CICE-Consortium / CICE

Development repository for the CICE sea-ice model
Other
60 stars 132 forks source link

PIO createfile where path is a symlink #950

Open anton-seaice opened 6 months ago

anton-seaice commented 6 months ago

In the UFS model configuration, the output files can be configured as symlinks which are created before the model is run.

e.g. a symlink is created to point to the desired locations of history / restart files, but the target of the symlink doesn't exist yet. CICE creates the actual file during the model execution.

@DeniseWorthen has found that using _format = 'hdf5' this fails with this error:

 (ice_pio_init) ERROR: Failed to create file .

This is because : https://github.com/CICE-Consortium/CICE/blob/0af031d785d3bc622cd19af48a2e9465b5abe9a0/cicecore/cicedyn/infrastructure/io/io_pio2/ice_pio.F90#L200

gives exists=False where filename is a symlink, even if the target is not does not exist.

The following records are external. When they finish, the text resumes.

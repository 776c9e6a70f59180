//! Why commands are refused: the rows that are looked at, in order.
ghost use Rattle.std.specs.Prelude.{◌≡◌, is_none, map, option_map};
ghost use Rattle.std.specs.List.{list_any};
ghost use Rattle.script_model.specs.Check.{binds_of, command_of, experts_of, first_that, functions_in, is_against, is_among, is_bind, is_declared, is_expert, is_variable, kind_of, line_order, new_names, new_observers, observers_of, read_names, reason_number, variables_of};
ghost use Rattle.script_model.specs.Formula.{Meanings, meanings_of};
ghost use Rattle.script_model.specs.Grammar.{Set, Show};
ghost use Rattle.script_model.specs.Literals.{Literal as ALiteral};
ghost use Rattle.line_parser.specs.TreeView.{line_view};
ghost use Rattle.formula_lang.specs.Verdict.{reason_view};
ghost use Rattle.formula_lang.specs.Rows.{is_no_bind, is_no_expert, is_no_observer, is_no_variable, is_unknown as is_unknown_in, lacks};

use crate::names::{Kind, Names};
use crate::typing::{declared_as, has_unknown_function, is_declared};
use line_parser::{Line, Name};
use line_times::{is_back, is_not_rising, is_not_whole, is_span_zero, is_time_too_large};
use node_arena::Library;

/// Why a command is refused.
#[derive(Clone, Copy, PartialEq, Eq)]
pub(crate) enum Reason {
    NameTaken,
    ObserverTaken,
    NameUnknown,
    ObserverUnknown,
    FunctionUnknown,
    NotWhole,
    NotVariable,
    NotBind,
    NotExpert,
    IllTyped,
    TimeTooLarge,
    TimesNotRising,
    SpanIsZero,
    BackInTime,
}

/// The order in which they are looked at.
const ORDER: [Reason; 14] = [
    Reason::NameTaken,
    Reason::ObserverTaken,
    Reason::NameUnknown,
    Reason::ObserverUnknown,
    Reason::FunctionUnknown,
    Reason::NotWhole,
    Reason::NotVariable,
    Reason::NotBind,
    Reason::NotExpert,
    Reason::IllTyped,
    Reason::TimeTooLarge,
    Reason::TimesNotRising,
    Reason::SpanIsZero,
    Reason::BackInTime,
];

impl Reason {
    /// The number that is printed.
    pub(crate) fn number(self) -> u8
        ensures { result ≡ reason_number (reason_view self) }
    {
        match self {
            Reason::NameTaken => 3,
            Reason::NameUnknown => 4,
            Reason::FunctionUnknown => 5,
            Reason::IllTyped => 6,
            Reason::NotVariable => 7,
            Reason::NotBind => 8,
            Reason::NotExpert => 10,
            Reason::ObserverUnknown => 11,
            Reason::ObserverTaken => 12,
            Reason::NotWhole => 14,
            Reason::BackInTime => 15,
            Reason::TimeTooLarge => 16,
            Reason::TimesNotRising => 17,
            Reason::SpanIsZero => 18,
        }
    }
}

/// The first reason that stands against the line.
pub(crate) fn first_reason<L: Library>(
    line: &Line,
    names: &Names,
    library: &L,
    is_unknown: bool,
    is_ill_typed: bool,
) -> Option<Reason>
    requires read { is_unknown ≡ list_any (is_unknown_in names.now) (read_names (line_view line.now)) }
    requires typed { is_ill_typed ≡ is_none (command_of (meanings_of (L.named library.now) (L.value library.now)) names.now (line_view line.now)) }
    ensures { option_map reason_view result
        ≡ first_that (is_against (meanings_of (L.named library.now) (L.value library.now)) names.entry.now (line_view line.now)) line_order }
{
    match line {
        Line::Stabilize => None,
        Line::Show { observer } => first_against_show(names, observer),
        Line::Set { name, .. } => first_against_set(names, name, is_unknown, is_ill_typed),
        _ => first_of_all(line, names, library, is_unknown, is_ill_typed),
    }
}

/// The one reason that may stand against a `show`.
fn first_against_show(names: &Names, observer: &Name) -> Option<Reason>
    ensures { (F : Meanings) → option_map reason_view result ≡ first_that (is_against F names.entry.now (Show observer.now)) line_order }
{
    if names.is_in_use(observer.bytes()) {
        None
    } else {
        Some(Reason::ObserverUnknown)
    }
}

/// The first of the three reasons that may stand against a `set`.
fn first_against_set(
    names: &Names,
    name: &Name,
    is_unknown: bool,
    is_ill_typed: bool,
) -> Option<Reason>
    ensures { (F : Meanings) (value : ALiteral) → is_unknown ≡ list_any (is_unknown_in names.entry.now) (read_names (Set name.now value))
        → is_ill_typed ≡ is_none (command_of F names.entry.now (Set name.now value))
        → option_map reason_view result ≡ first_that (is_against F names.entry.now (Set name.now value)) line_order }
{
    if is_unknown {
        Some(Reason::NameUnknown)
    } else if !is_variable(names, name) {
        Some(Reason::NotVariable)
    } else if is_ill_typed {
        Some(Reason::IllTyped)
    } else {
        None
    }
}

/// The first reason that stands against the line, looked for in all of them.
fn first_of_all<L: Library>(
    line: &Line,
    names: &Names,
    library: &L,
    is_unknown: bool,
    is_ill_typed: bool,
) -> Option<Reason>
    requires read { is_unknown ≡ list_any (is_unknown_in names.now) (read_names (line_view line.now)) }
    requires typed { is_ill_typed ≡ is_none (command_of (meanings_of (L.named library.now) (L.value library.now)) names.now (line_view line.now)) }
    ensures { option_map reason_view result
        ≡ first_that (is_against (meanings_of (L.named library.now) (L.value library.now)) names.entry.now (line_view line.now)) line_order }
{
    for reason in ORDER {
        if is_against(line, names, library, is_unknown, is_ill_typed, reason) {
            return Some(reason);
        }
    }
    None
}

/// Whether the reason stands against the line.
fn is_against<L: Library>(
    line: &Line,
    names: &Names,
    library: &L,
    is_unknown: bool,
    is_ill_typed: bool,
    reason: Reason,
) -> bool
    requires read { is_unknown ≡ list_any (is_unknown_in names.now) (read_names (line_view line.now)) }
    requires typed { is_ill_typed ≡ is_none (command_of (meanings_of (L.named library.now) (L.value library.now)) names.now (line_view line.now)) }
    ensures { result
        ≡ is_against (meanings_of (L.named library.now) (L.value library.now)) names.entry.now (line_view line.now) (reason_view reason) }
{
    match reason {
        Reason::NameTaken => is_name_taken(line, names),
        Reason::ObserverTaken => is_observer_taken(line, names),
        Reason::NameUnknown => is_unknown,
        Reason::ObserverUnknown => is_observer_unknown(line, names),
        Reason::FunctionUnknown => is_function_unknown(line, library),
        Reason::NotWhole => is_not_whole(line),
        Reason::NotVariable => is_no_variable(line, names),
        Reason::NotBind => is_no_bind(line, names),
        Reason::NotExpert => is_no_expert(line, names),
        Reason::IllTyped => is_ill_typed,
        Reason::TimeTooLarge => is_time_too_large(line, names.clock()),
        Reason::TimesNotRising => is_not_rising(line),
        Reason::SpanIsZero => is_span_zero(line),
        Reason::BackInTime => is_back(line, names.clock()),
    }
}

/// Whether the new name is declared.
fn is_name_taken(line: &Line, names: &Names) -> bool
    ensures { result ≡ list_any (is_declared names.entry.now) (new_names (line_view line.now)) }
{
    match line {
        Line::Var { name, .. }
        | Line::Let { name, .. }
        | Line::Expert { name, .. }
        | Line::Grab { name, .. } => is_declared(names, name),
        _ => false,
    }
}

/// Whether the new observer's name is in use.
fn is_observer_taken(line: &Line, names: &Names) -> bool
    ensures { result ≡ list_any (is_among names.entry.now.observers) (new_observers (line_view line.now)) }
{
    match line {
        Line::Observe { observer, .. } => names.is_in_use(observer.bytes()),
        _ => false,
    }
}

/// Whether the observer's name isn't in use.
fn is_observer_unknown(line: &Line, names: &Names) -> bool
    ensures { result ≡ list_any (is_no_observer names.entry.now) (observers_of (line_view line.now)) }
{
    match line {
        Line::Unobserve { observer } | Line::Watch { observer } | Line::Show { observer } => {
            !names.is_in_use(observer.bytes())
        }
        _ => false,
    }
}

/// Whether the library has no function of a name.
fn is_function_unknown<L: Library>(line: &Line, library: &L) -> bool
    ensures { result ≡ list_any (lacks (L.named library.now)) (functions_in (line_view line.now)) }
{
    match line {
        Line::Let { formula, .. } => has_unknown_function(library, formula),
        Line::Expert { function, .. } => library.find(function.bytes()).is_none(),
        _ => false,
    }
}

/// Whether what is set is no variable.
fn is_no_variable(line: &Line, names: &Names) -> bool
    ensures { result ≡ list_any (is_no_variable names.entry.now) (variables_of (line_view line.now)) }
{
    match line {
        Line::Set { name, .. } => !is_variable(names, name),
        _ => false,
    }
}

/// Whether what is grabbed is no bind.
fn is_no_bind(line: &Line, names: &Names) -> bool
    ensures { result ≡ list_any (is_no_bind names.entry.now) (binds_of (line_view line.now)) }
{
    match line {
        Line::Grab { bind, .. } => !is_bind(names, bind),
        _ => false,
    }
}

/// Whether what is linked, unlinked or renewed is no expert.
fn is_no_expert(line: &Line, names: &Names) -> bool
    ensures { result ≡ list_any (is_no_expert names.entry.now) (experts_of (line_view line.now)) }
{
    match line {
        Line::Link { expert, .. } | Line::Unlink { expert, .. } | Line::Stale { expert } => {
            !is_expert(names, expert)
        }
        _ => false,
    }
}

/// Whether the name stands for a variable.
fn is_variable(names: &Names, name: &Name) -> bool
    ensures { result ≡ is_variable (kind_of names.entry.now name.now) }
{
    match declared_as(names, name) {
        Some(declared) => matches!(names.get(declared.target).kind, Kind::Var),
        None => false,
    }
}

/// Whether the name stands for a bind.
fn is_bind(names: &Names, name: &Name) -> bool
    ensures { result ≡ is_bind (kind_of names.entry.now name.now) }
{
    match declared_as(names, name) {
        Some(declared) => matches!(names.get(declared.target).kind, Kind::Bind),
        None => false,
    }
}

/// Whether the name stands for an expert.
fn is_expert(names: &Names, name: &Name) -> bool
    ensures { result ≡ is_expert (kind_of names.entry.now name.now) }
{
    match declared_as(names, name) {
        Some(declared) => matches!(names.get(declared.target).kind, Kind::Expert { .. }),
        None => false,
    }
}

Therefore the file is created with "NOCLOBBER" and it fails. (EDIT: It seems like the inquire in fortran, and the pio library or its dependencies intepret symlinks differently. inquire returns exists = False, but creating with NOCLOBBER fails.)

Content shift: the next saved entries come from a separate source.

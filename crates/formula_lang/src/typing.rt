//! Names, functions and types of formulas.
ghost use Rattle.std.specs.Prelude.{◌≡◌, ◌<◌, ◌++◌, ◌∷◌, [], length, map, option_map, Some, IfOk, IfSome, OnOk};
ghost use Rattle.std.specs.List.{list_any};
ghost use Rattle.script_model.specs.Check.{Declare, applied as applied_to, are_all, branched, element_of, find_declared, folded, frozen_when, is_declared, join_of, literal_of_type, steps_of_type, typed, typed_as, typed_each, typed_literal, typed_name};
ghost use Rattle.formula_lang.specs.Within.{functions_within, functions_within_all};
ghost use Rattle.script_model.specs.Literals.{Referred};
ghost use Rattle.script_model.specs.Parsing.{trees_of};
ghost use Rattle.script_model.specs.Formula.{At, Bind, Computed, Literal as Held, Now, Steps, meanings_of, nothing_kept};
ghost use Rattle.script_model.specs.Grammar.{Call, Fold, Join};
ghost use Rattle.inc_value.specs.Choice.{and_then};
ghost use Rattle.inc_value.specs.Ty.{same_ty, same_types};
ghost use Rattle.formula_lang.specs.CommandView.{command_view, constant_view, formula_view, timed_view};
ghost use Rattle.formula_lang.specs.NamesView.{declared_view};
ghost use Rattle.formula_lang.specs.Rows.{lacks};
ghost use Rattle.line_parser.specs.TreeView.{tree_view};
ghost use Rattle.line_parser.specs.View.{literal_view, timed_view as timed_literal_view};
ghost use Rattle.formula_lang.specs.Typing.{bound_view, named_formula, part_view, typed_view, typed_each_view};

use crate::command::{Command, Constant, Declaration, Formula, TimedConstant};
use crate::names::{Declared, Names};
use crate::scope::{Variable, variable_named, within};
use inc_value::{FnRef, Ty};
use line_parser::{Literal, Name, TimedLiteral, Tree};
use line_times::{Nanoseconds, nanoseconds_of};
use node_arena::Library;
use std::alloc::{AllocError, Global};

/// A formula with its type.
pub(crate) struct TypedFormula {
    formula: Formula,
    ty: Ty,
}

// (written out: whoever drops one proves one call, and no drop of its parts)
impl Drop for TypedFormula {
    fn drop(self) {
        let TypedFormula { formula, ty: _ } = self;
        drop(formula);
    }
}

impl TypedFormula {
    /// The declaration of a name for the formula.
    pub(crate) fn declared(self, alloc: Global, name: Name) -> Result<Option<Command>, AllocError>
        ensures { IfOk result (λ c. option_map command_view c ≡ Some (Declare name self.ty (Computed (formula_view self.formula) nothing_kept))) }
    {
        let TypedFormula { formula, ty } = self;
        Declaration::Computed(formula).named(alloc, name, ty)
    }

    /// The declaration of a name for the first value of the formula on which the predicate is true, if the predicate takes
    /// the formula's type alone and gives a truth value.
    pub(crate) fn frozen(
        self,
        alloc: Global,
        name: &Name,
        predicate: FnRef,
    ) -> Result<Option<Command>, AllocError>
        ensures { IfOk result (λ c. option_map command_view c
            ≡ option_map (λ t. Declare name.now t.ty t.body) (frozen_when (typed_view self) predicate)) }
    {
        let TypedFormula { formula, ty } = self;
        if !is_same_type(predicate.sig.gives(), Ty::Bool) || !takes_types(&predicate, &[ty]) {
            drop(formula);
            return Ok(None);
        }
        match Name::new(alloc, name.bytes()) {
            Ok(name) => Declaration::Frozen {
                child: formula,
                predicate,
            }
            .named(alloc, name, ty),
            Err(fault) => {
                drop(formula);
                Err(fault)
            }
        }
    }

    /// The formula with its type, put into a box.
    fn boxed(self, alloc: Global) -> Result<Option<TypedPart>, AllocError>
        ensures { IfOk result (λ part. option_map part_view part ≡ Some (typed_view self)) }
    {
        let TypedFormula { formula, ty } = self;
        Ok(Some(TypedPart {
            formula: Box::new(alloc, formula)?,
            ty,
        }))
    }

    /// Puts the formula behind others.
    fn behind(self, others: &mut TypedFormulas) -> Result<(), AllocError>
        ensures formulas { OnOk result (others.new.formulas.items ≡ others.old.formulas.items ++ self.formula ∷ []) }
        ensures tys { OnOk result (others.new.tys.items ≡ others.old.tys.items ++ self.ty ∷ []) }
    {
        let TypedFormula { formula, ty } = self;
        others.formulas.push(formula)?;
        others.tys.push(ty)?;
        Ok(())
    }
}
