//! The names that a script has declared, and its observers in use.
ghost use Rattle.std.specs.Prelude.{pos, nat_abs, ◌≤ℤ◌, ◌≡◌, ◌≢◌, ◌≤◌, ◌<◌, ◌++◌, ◌∷◌, [], ℕ, length, slice_get, None, Some, IfSome, IsFalse, IsTrue, MatchOption, OnErr, OnOk};
ghost use Rattle.indexmap.specs.IndexMap.{swap_remove_by};
ghost use Rattle.std.specs.Str.{bytes_eq};
ghost use Rattle.script_model.specs.Check.{first_named, is_among};
ghost use Rattle.inc_value.specs.Choice.{and_then};
ghost use Rattle.formula_lang.specs.NamesView.{AreEarlier, declared_view, kind_view};

use inc_value::Ty;
use indexmap::{IndexMap, IndexSet};
use line_parser::Name;
use line_times::Nanoseconds;
use std::alloc::{AllocError, Global};
use std::marker::Model;

/// How a name was declared.
#[derive(Clone, Copy, PartialEq, Eq)]
pub enum Kind {
    /// By `var`.
    Var,
    /// By `let`, with a formula that is no bind.
    Let,
    /// By `let`, with a bind.
    Bind,
    /// By an expert node whose dependencies have this type.
    Expert { takes: Ty },
    /// By `grab`.
    Grab,
}

/// A declared name.
pub struct Declared {
    pub name: Name,
    /// The type of its values.
    pub ty: Ty,
    pub kind: Kind,
    /// The position of the declaration that it stands for: its own, or an earlier one's.
    pub target: usize,
}

// (written out: whoever drops one proves one call, and no drop of its parts)
impl Drop for Declared {
    fn drop(self) {
        let Declared {
            name,
            ty: _,
            kind: _,
            target: _,
        } = self;
        drop(name);
    }
}

/// The declared names in order, the observers' names in use, and the clock, in nanoseconds.
pub struct Names {
    alloc: Global,
    declared: IndexMap<Vec<u8>, Declared>,
    observers: IndexSet<Vec<u8>>,
    now: i64,
}

// (written out: whoever drops one proves one call, and no drop of its parts)
impl Drop for Names {
    fn drop(self) {
        let Names {
            alloc: _,
            declared,
            observers,
            now: _,
        } = self;
        drop(declared);
        drop(observers);
    }
}

impl Model for Names {
    ghost use Rattle.std.specs.Prelude.{pos, nat_abs, ◌≤ℤ◌, map};
    ghost use Rattle.script_model.specs.Check.{Names as Known};

    ghost Value = { Known };

    ghost use Rattle.formula_lang.specs.NamesView.{AreKept, declared_in};

    ghost view = { λ n. record { declared = declared_in n.declared.entries; observers = map (λ k. k.items) n.observers.keys; now = nat_abs n.now } };

    ghost invariant = { λ n. AreKept (λ k. k.items) n.declared.entries × (pos 0 ≤ℤ n.now) };
}

impl Names {
    /// No names and no observers, at time 0. This takes no memory.
    pub fn new(alloc: Global) -> Names
        ensures { result ≡ record { declared = []; observers = []; now = 0 } }
    {
        Names {
            alloc,
            declared: IndexMap::new(alloc),
            observers: IndexSet::new(alloc),
            now: 0,
        }
    }

    /// How many names are declared.
    pub fn len(&self) -> usize
        ensures { result ≡ length self.entry.now.declared }
    {
        self.declared.len()
    }

    /// No target comes later than its name: a fact for a caller's proof. Nothing runs.
    pub fn keeps_order(&self)
        ensures { AreEarlier self.entry.now.declared }
    {
        let _ = &self.declared;
    }

    /// The `i`-th declared name.
    pub fn get(&self, i: usize) -> &Declared
        requires { i < length self.now.declared }
        ensures value { slice_get self.entry.now.declared i ≡ Some (declared_view result.now) }
        ensures earlier { result.now.target ≤ i }
    {
        &self.declared[i]
    }

    /// The position of the name among those declared.
    pub fn find(&self, name: &[u8]) -> Option<usize>
        ensures found { first_named name.now self.entry.now.declared ≡ and_then result (slice_get self.entry.now.declared) }
        ensures within { IfSome result (λ i. i < length self.entry.now.declared) }
    {
        self.declared.get_index_of(name)
    }

    /// Declares a name behind the others. Its target is that of an earlier name, or its own
    /// position. Without memory nothing changes.
    pub fn declare(
        &mut self,
        name: &[u8],
        ty: Ty,
        kind: Kind,
        target: usize,
    ) -> Result<(), AllocError>
        requires fresh { first_named name.now self.old.declared ≡ None }
        requires earlier { target ≤ length self.old.declared }
        ensures ok { OnOk result (self.new ≡ record self.old {
          declared = self.old.declared ++ record { name = name.now; ty = ty; kind = kind_view kind; target = target } ∷ [];
        }) }
        ensures err { OnErr result (self.new ≡ self.old) }
    {
        let key = Vec::from_slice(self.alloc, name)?;
        let declared = Declared {
            name: Name::new(self.alloc, name)?,
            ty,
            kind,
            target,
        };
        self.declared.insert(key, declared)?;
        Ok(())
    }

    /// Whether an observer in use has the name.
    pub fn is_in_use(&self, name: &[u8]) -> bool
        ensures { result ≡ is_among self.entry.now.observers name.now }
    {
        self.observers.contains(name)
    }

    /// The position of an observer's name among those in use.
    pub fn observer(&self, name: &[u8]) -> Option<usize>
        ensures found { MatchOption result (IsFalse (is_among self.entry.now.observers name.now))
            (λ i. slice_get self.entry.now.observers i ≡ Some name.now) }
        ensures first { IfSome result (λ i. (k : ℕ) → k < i → slice_get self.entry.now.observers k ≢ Some name.now) }
        ensures within { IfSome result (λ i. i < length self.entry.now.observers) }
    {
        self.observers.get_index_of(name)
    }

    /// The name of the observer at a position among those in use.
    pub fn observer_at(&self, position: usize) -> &[u8]
        requires { position < length self.now.observers }
        ensures { slice_get self.entry.now.observers position ≡ Some result.now }
    {
        match self.observers.get_index(position) {
            Some(name) => name,
            None => b"",
        }
    }

    /// Puts an observer's name in use, behind the others. Without memory nothing changes.
    pub fn observe(&mut self, name: &[u8]) -> Result<(), AllocError>
        requires { IsFalse (is_among self.old.observers name.now) }
        ensures ok { OnOk result (self.new ≡ record self.old { observers = self.old.observers ++ name.now ∷ [] }) }
        ensures err { OnErr result (self.new ≡ self.old) }
    {
        let key = Vec::from_slice(self.alloc, name)?;
        self.observers.insert(key)?;
        Ok(())
    }

    /// Takes an observer's name out of use, in constant time: the last one stands in its place then.
    pub fn end(&mut self, name: &[u8])
        requires { IsTrue (is_among self.old.observers name.now) }
        ensures { self.new ≡ record self.old { observers = swap_remove_by (bytes_eq name.now) self.old.observers } }
    {
        self.observers.swap_remove(name);
    }

    /// The clock, in nanoseconds.
    pub fn now(&self) -> i64
        ensures { result ≡ pos self.entry.now.now }
    {
        self.now
    }

    /// The same, as a time that has no sign.
    pub(crate) fn clock(&self) -> Nanoseconds
        ensures { result ≡ self.entry.now.now }
    {
        Nanoseconds::new(self.now.unsigned_abs())
    }

    /// Sets the clock, in nanoseconds.
    pub fn set_now(&mut self, now: i64)
        requires { pos 0 ≤ℤ now }
        ensures { self.new ≡ record self.old { now = nat_abs now } }
    {
        self.now = now;
    }
}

We think we can remove this "NOCLOBBER" case, and create the file with "CLOBBER" irrespective of whether it already exists=True or not. This works with modern PIO (e.g. 2.6.2) builds.

We should check with older PIO builds also and possibly raise with the PIO developers (as its not clear why you can't create with NOCLOBBER).

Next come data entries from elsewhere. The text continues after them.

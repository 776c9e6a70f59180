//! Names that lines read.
ghost use Rattle.std.specs.Prelude.{◌≡◌, ◌∷◌, map, IfOk};
ghost use Rattle.std.specs.List.{list_any};
ghost use Rattle.script_model.specs.Check.{is_among, read_names, referred_names};
ghost use Rattle.script_model.specs.Parsing.{trees_of};
ghost use Rattle.formula_lang.specs.Within.{names_within, names_within_all, referred_in};
ghost use Rattle.formula_lang.specs.Rows.{is_unknown};
ghost use Rattle.line_parser.specs.TreeView.{line_view, tree_view};
ghost use Rattle.line_parser.specs.View.{literal_view, timed_view};

use crate::names::Names;
use crate::scope::{is_variable_name, named_within};
use crate::typing::is_declared;
use line_parser::{Line, Literal, Name, TimedLiteral, Tree};
use std::alloc::{AllocError, Global};

/// Whether a name that the line reads isn't declared, and is no variable of a bind where it stands.
pub(crate) fn mentions_unknown(
    alloc: Global,
    line: &Line,
    names: &Names,
) -> Result<bool, AllocError>
    ensures { IfOk result (λ is_unknown_read. is_unknown_read
        ≡ list_any (is_unknown names.entry.now) (read_names (line_view line.now))) }
{
    match line {
        Line::Var { first, .. } | Line::Expert { first, .. } => {
            Ok(has_unknown_reference(names, first))
        }
        Line::Set { name, value } => {
            Ok(!is_declared(names, name) || has_unknown_reference(names, value))
        }
        Line::Let { formula, .. } => has_unknown_name(alloc, names, &[], formula),
        Line::Link { expert, name } | Line::Unlink { expert, name } => {
            Ok(!is_declared(names, expert) || !is_declared(names, name))
        }
        Line::Stale { expert: name } | Line::Grab { bind: name, .. } | Line::Observe { name, .. } =>
            Ok(!is_declared(names, name)),
        _ => Ok(false),
    }
}

/// Whether a name that a formula reads within binds of these variables isn't declared, and is no variable of a bind where
/// it stands.
#[cycle(names_of)]
fn has_unknown_name(
    alloc: Global,
    names: &Names,
    variables: &[Name],
    tree: &Tree,
) -> Result<bool, AllocError>
    ensures { IfOk result (λ unknown. unknown ≡ list_any (is_unknown names.entry.now) (names_within variables.now (tree_view tree.now))) }
{
    match tree {
        Tree::Literal(literal) => Ok(has_unknown_reference(names, literal)),
        Tree::Name(name) => Ok(!is_variable_name(variables, name) && !is_declared(names, name)),
        Tree::Call { arguments, .. } => have_unknown_name(alloc, names, variables, arguments),
        Tree::Fold {
            first,
            elements,
            ..
        } => {
            let elements = have_unknown_name(alloc, names, variables, elements)?;
            Ok(has_unknown_reference(names, first) | elements)
        }
        Tree::If {
            test,
            then_side,
            else_side,
        } => {
            let test = has_unknown_name(alloc, names, variables, test)?;
            let then_side = has_unknown_name(alloc, names, variables, then_side)?;
            let else_side = has_unknown_name(alloc, names, variables, else_side)?;
            Ok(test | then_side | else_side)
        }
        Tree::Bind {
            variable,
            left,
            body,
        } => {
            let left = has_unknown_name(alloc, names, variables, left)?;
            let body = has_unknown_name_within(alloc, names, variables, variable, body)?;
            Ok(left | body)
        }
        Tree::Join { child } => has_unknown_name(alloc, names, variables, child),
        Tree::Steps { first, steps } => {
            Ok(has_unknown_reference(names, first) | have_unknown_reference(names, steps))
        }
        Tree::Freeze { child, .. } => has_unknown_name(alloc, names, variables, child),
        Tree::At(_) | Tree::Now | Tree::After(_) | Tree::Every(_) => Ok(false),
    }
}

/// The same of the body of a bind within the others.
#[cycle(names_of)]
fn has_unknown_name_within(
    alloc: Global,
    names: &Names,
    variables: &[Name],
    variable: &Name,
    body: &Tree,
) -> Result<bool, AllocError>
    ensures { IfOk result (λ unknown. unknown
        ≡ list_any (is_unknown names.entry.now) (names_within (variable.now ∷ variables.now) (tree_view body.now))) }
{
    match named_within(alloc, variable, variables) {
        Ok(variables) => {
            let unknown = has_unknown_name(alloc, names, &variables, body);
            drop(variables);
            unknown
        }
        Err(fault) => Err(fault),
    }
}

/// Whether a name that one of the formulas reads isn't declared, and is no variable of a bind where it stands.
#[cycle(names_of)]
fn have_unknown_name(
    alloc: Global,
    names: &Names,
    variables: &[Name],
    trees: &[Tree],
) -> Result<bool, AllocError>
    ensures { IfOk result (λ unknown. unknown
        ≡ list_any (is_unknown names.entry.now) (names_within_all variables.now (trees_of (map tree_view trees.now)))) }
{
    for tree in trees {
        if has_unknown_name(alloc, names, variables, tree)? {
            return Ok(true);
        }
    }
    Ok(false)
}

/// Whether a name that the literal of one of the steps refers to isn't declared.
fn have_unknown_reference(names: &Names, steps: &[TimedLiteral]) -> bool
    ensures { result ≡ list_any (is_unknown names.entry.now) (referred_in (map timed_view steps.now)) }
{
    for step in steps {
        if has_unknown_reference(names, &step.literal) {
            return true;
        }
    }
    false
}

/// Whether a name that a literal refers to isn't declared. A variable of a bind doesn't count.
fn has_unknown_reference(names: &Names, literal: &Literal) -> bool
    ensures { result ≡ list_any (is_unknown names.entry.now) (referred_names (literal_view literal.now)) }
{
    match literal {
        Literal::Reference(name) => !is_declared(names, name),
        Literal::Integer(_) | Literal::Bool(_) | Literal::Text(_) => false,
    }
}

anton-seaice commented 3 months ago

I tried commenting out the if (exists) statement and always creating with lclobber.

This got further, but failed with

get_stripe failed: 61 (No data available)

Which I think it a lustre specific issue with symlinks (https://github.com/open-mpi/ompi/issues/12141, and so should be fixed in openmpi 5.x.x and openmpi 4.1.7 if/when it gets released.)

I then change the iotype to romio , which might be more robust than the default ompi and the fix worked.

(in cice.run I set this: mpirun -n 4 --mca io romio321 ./cice >&! $ICE_RUNLOG_FILE)

@DeniseWorthen - Is UFS using openmpi and a lustre file system ?

I don't see any downside to remove the if (exists) statement, so we can still do it. I can submit a PR if that makes it easier to dicuss.

@apcraig - is it feasible to make a cice test case where we create a symlink where the history & restart files go before running cice ?

anton-seaice commented 3 months ago

This is the proposed change: https://github.com/CICE-Consortium/CICE/compare/main...ACCESS-NRI:CICE:link_creates

DeniseWorthen commented 3 months ago

@anton-seaice We run on a whole set of Tier-1 platforms + the operational platforms. I'm not sure which might use a lustre file system. Let me ask around.